▶ What the task requires
Scan the records below, and wherever a line has the word "ComesTo", pull it out.

▶ Raw data
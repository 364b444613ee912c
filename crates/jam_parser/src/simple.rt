//! Reading statements without blocks of statements.
ghost use Rattle.std.specs.Prelude.{◌≡◌, ◌<◌, ◌≤◌, ◌∷◌, ◌++◌, [], false, MatchOption, MatchResult};
ghost use Rattle.jam_grammar.specs.Trees.{value_tree};
ghost use Rattle.jam_grammar.specs.Spelling.{form_syms, arg_syms, args_syms, value_syms, braced, sign_mark};
ghost use Rattle.jam_grammar.specs.Spelling as spelling;
ghost use Rattle.jam_grammar.specs.Grammar.{Tail, Assigned, LocalTail, Heading, BodyBlock, OneArg, Args, More, Key};
ghost use Rattle.jam_grammar.specs.declared.mark.TokenMark.TheVariants as marks;
ghost use Rattle.jam_parser.specs.Starts.{starts_sign, StandsAfter};
ghost use Rattle.jam_parser.specs.PartReadings.{IsRead, ComesTo, Completes, EndsBy, Reads, ReadsOn, list_to_end};

use crate::args::{arg, args, lists};
use crate::heading::{Modes, heading};
use crate::reading::{ReadingFault, body_here, key_here, next_of, past};
use b2_base::text::Text;
use b2_base::token::Token;
use jam_grammar::mark::TokenMark;
use jam_grammar::tree::{Arg, Form, Sign};
use std::alloc::Global;

/// Reads a list up to the end of the statement.
fn list_end<'a>(
    alloc: Global,
    rest: &'a [Token],
    depth: u8,
) -> Result<(Vec<Arg>, &'a [Token]), ReadingFault<'a>>
    requires { depth ≤ 64 }
    ensures { Reads result list_to_end rest.now depth (λ r. args_syms r.0.items ++ spelling.Key marks.Semicolon ∷ []) (λ r. r.1.now) }
{
    let (list, after) = args(alloc, rest, depth)?;
    let after = key_here(after, TokenMark::Semicolon, depth)?;
    Ok((list, after))
}

/// Reads what stands after `include`.
pub fn include<'a>(
    alloc: Global,
    rest: &'a [Token],
    depth: u8,
) -> Result<(Form, &'a [Token]), ReadingFault<'a>>
    requires { depth ≤ 64 }
    ensures { ReadsOn result (spelling.Key marks.Include ∷ []) list_to_end rest.now depth (λ r. form_syms r.0) (λ r. r.1.now) }
{
    let (names, after) = list_end(alloc, rest, depth)?;
    Ok((Form::Include(names), after))
}

/// Reads what stands after `return`.
pub fn returned<'a>(
    alloc: Global,
    rest: &'a [Token],
    depth: u8,
) -> Result<(Form, &'a [Token]), ReadingFault<'a>>
    requires { depth ≤ 64 }
    ensures { ReadsOn result (spelling.Key marks.Return ∷ []) list_to_end rest.now depth (λ r. form_syms r.0) (λ r. r.1.now) }
{
    let (value, after) = list_end(alloc, rest, depth)?;
    Ok((Form::Return(value), after))
}

/// Reads what stands after `local`.
pub fn local<'a>(
    alloc: Global,
    rest: &'a [Token],
    depth: u8,
) -> Result<(Form, &'a [Token]), ReadingFault<'a>>
    requires { depth ≤ 64 }
    ensures { ReadsOn result (spelling.Key marks.Local ∷ []) (Args ∷ LocalTail ∷ []) rest.now depth (λ r. form_syms r.0) (λ r. r.1.now) }
{
    let (names, after) = args(alloc, rest, depth)?;
    let (value, after) = local_value(alloc, after, depth)?;
    Ok((Form::Local { names, value }, after))
}

/// Reads what stands after the names of `local`.
fn local_value<'a>(
    alloc: Global,
    rest: &'a [Token],
    depth: u8,
) -> Result<(Option<Vec<Arg>>, &'a [Token]), ReadingFault<'a>>
    requires { depth ≤ 64 }
    ensures { MatchResult result (λ r. IsRead (LocalTail ∷ []) rest.now depth (value_syms (value_tree r.0)) r.1.now) (λ e. EndsBy (LocalTail ∷ []) rest.now depth e) }
{
    match next_of(rest) {
        Some((TokenMark::Semicolon, _, after)) => Ok((None, after)),
        Some((TokenMark::Equals, _, after)) => {
            let (value, after) = list_end(alloc, after, depth)?;
            Ok((Some(value), after))
        }
        _ => Err(ReadingFault::At(rest)),
    }
}

/// Reads what stands after `actions`.
pub fn actions<'a>(rest: &'a [Token], depth: u8) -> Result<(Form, &'a [Token]), ReadingFault<'a>>
    requires { depth < 64 }
    ensures { ReadsOn result (spelling.Key marks.Actions ∷ []) (Heading false false false ∷ BodyBlock ∷ []) rest.now depth (λ r. form_syms r.0) (λ r. r.1.now) }
{
    let none = Modes {
        together: false,
        existing: false,
        quietly: false,
    };
    let (modes, name, after) = heading(rest, none, depth)?;
    let (body, after) = body_block(after, depth)?;
    Ok((
        Form::Actions {
            name,
            together: modes.together,
            existing: modes.existing,
            quietly: modes.quietly,
            body,
        },
        after,
    ))
}

/// Reads a body in braces.
fn body_block<'a>(rest: &'a [Token], depth: u8) -> Result<(Text, &'a [Token]), ReadingFault<'a>>
    requires { depth < 64 }
    ensures { MatchResult result (λ r. IsRead (BodyBlock ∷ []) rest.now depth (braced (spelling.Raw r.0 ∷ [])) r.1.now) (λ e. EndsBy (BodyBlock ∷ []) rest.now depth e) }
{
    match past(rest, TokenMark::BraceOpen) {
        Some(after) => {
            let (body, after) = body_here(after, depth + 1)?;
            let after = key_here(after, TokenMark::BraceClose, depth)?;
            Ok((body, after))
        }
        None => Err(ReadingFault::At(rest)),
    }
}

/// Reads a statement that begins with an argument.
pub fn by_arg<'a>(
    alloc: Global,
    rest: &'a [Token],
    depth: u8,
) -> Result<(Form, &'a [Token]), ReadingFault<'a>>
    requires { depth ≤ 64 }
    ensures { MatchResult result (λ r. IsRead (OneArg ∷ Tail ∷ []) rest.now depth (form_syms r.0) r.1.now) (λ e. EndsBy (OneArg ∷ Tail ∷ []) rest.now depth e) }
{
    let (head, after) = arg(alloc, rest, depth)?;
    let (form, after) = tail(alloc, head, after, depth)?;
    Ok((form, after))
}

/// Reads what stands after the first argument of a statement.
fn tail<'a>(
    alloc: Global,
    head: Arg,
    rest: &'a [Token],
    depth: u8,
) -> Result<(Form, &'a [Token]), ReadingFault<'a>>
    requires { depth ≤ 64 }
    ensures { MatchResult result (λ r. Completes (arg_syms head) (Tail ∷ []) rest.now depth (form_syms r.0) r.1.now) (λ e. EndsBy (Tail ∷ []) rest.now depth e) }
{
    match past(rest, TokenMark::On) {
        Some(after) => assign_on(alloc, head, after, depth),
        None => match sign_here(rest) {
            Some((sign, after)) => assign(alloc, head, sign, after, depth),
            None => call(alloc, head, rest, depth),
        },
    }
}

/// The sign of an assignment that stands here, and what stands after it.
fn sign_here(rest: &[Token]) -> Option<(Sign, &[Token])>
    ensures { MatchOption result (starts_sign rest.now ≡ false) (λ r. StandsAfter (sign_mark r.0) rest.now r.1.now) }
{
    match next_of(rest) {
        Some((TokenMark::Equals, _, after)) => Some((Sign::Set, after)),
        Some((TokenMark::PlusEquals, _, after)) => Some((Sign::Add, after)),
        Some((TokenMark::QueryEquals, _, after)) => Some((Sign::Fill, after)),
        _ => None,
    }
}

/// Reads what stands after the sign of an assignment.
fn assign<'a>(
    alloc: Global,
    target: Arg,
    sign: Sign,
    rest: &'a [Token],
    depth: u8,
) -> Result<(Form, &'a [Token]), ReadingFault<'a>>
    requires { depth ≤ 64 }
    ensures { ReadsOn result (arg_syms target ++ spelling.Key (sign_mark sign) ∷ []) list_to_end rest.now depth (λ r. form_syms r.0) (λ r. r.1.now) }
{
    let (value, after) = list_end(alloc, rest, depth)?;
    Ok((
        Form::Assign {
            target,
            sign,
            value,
        },
        after,
    ))
}

/// Reads what stands after `target on`.
fn assign_on<'a>(
    alloc: Global,
    target: Arg,
    rest: &'a [Token],
    depth: u8,
) -> Result<(Form, &'a [Token]), ReadingFault<'a>>
    requires { depth ≤ 64 }
    ensures { ReadsOn result (arg_syms target ++ spelling.Key marks.On ∷ []) (Args ∷ Assigned ∷ []) rest.now depth (λ r. form_syms r.0) (λ r. r.1.now) }
{
    let (on, after) = args(alloc, rest, depth)?;
    let (sign, after) = sign_read(after, depth)?;
    let (value, after) = list_end(alloc, after, depth)?;
    Ok((
        Form::AssignOn {
            target,
            on,
            sign,
            value,
        },
        after,
    ))
}

/// Reads the sign of an assignment, which has to stand here.
fn sign_read<'a>(rest: &'a [Token], depth: u8) -> Result<(Sign, &'a [Token]), ReadingFault<'a>>
    ensures { MatchResult result (λ r. ComesTo (Assigned ∷ []) list_to_end rest.now depth (spelling.Key (sign_mark r.0) ∷ []) r.1.now) (λ e. EndsBy (Assigned ∷ []) rest.now depth e) }
{
    match sign_here(rest) {
        Some((sign, after)) => Ok((sign, after)),
        None => Err(ReadingFault::At(rest)),
    }
}

/// Reads the lists of a call up to the end of the statement.
fn call<'a>(
    alloc: Global,
    head: Arg,
    rest: &'a [Token],
    depth: u8,
) -> Result<(Form, &'a [Token]), ReadingFault<'a>>
    requires { depth ≤ 64 }
    ensures { ReadsOn result (arg_syms head) (Args ∷ More 8 ∷ Key marks.Semicolon ∷ []) rest.now depth (λ r. form_syms r.0) (λ r. r.1.now) }
{
    let (lists, after) = lists(alloc, rest, depth)?;
    let after = key_here(after, TokenMark::Semicolon, depth)?;
    Ok((Form::Call { head, lists }, after))
}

▶ Reply to the task
ghost use Rattle.jam_parser.specs.PartReadings.{IsRead, ComesTo, Completes, EndsBy, Reads, ReadsOn, list_to_end};
    ensures { MatchResult result (λ r. ComesTo (Assigned ∷ []) list_to_end rest.now depth (spelling.Key (sign_mark r.0) ∷ []) r.1.now) (λ e. EndsBy (Assigned ∷ []) rest.now depth e) }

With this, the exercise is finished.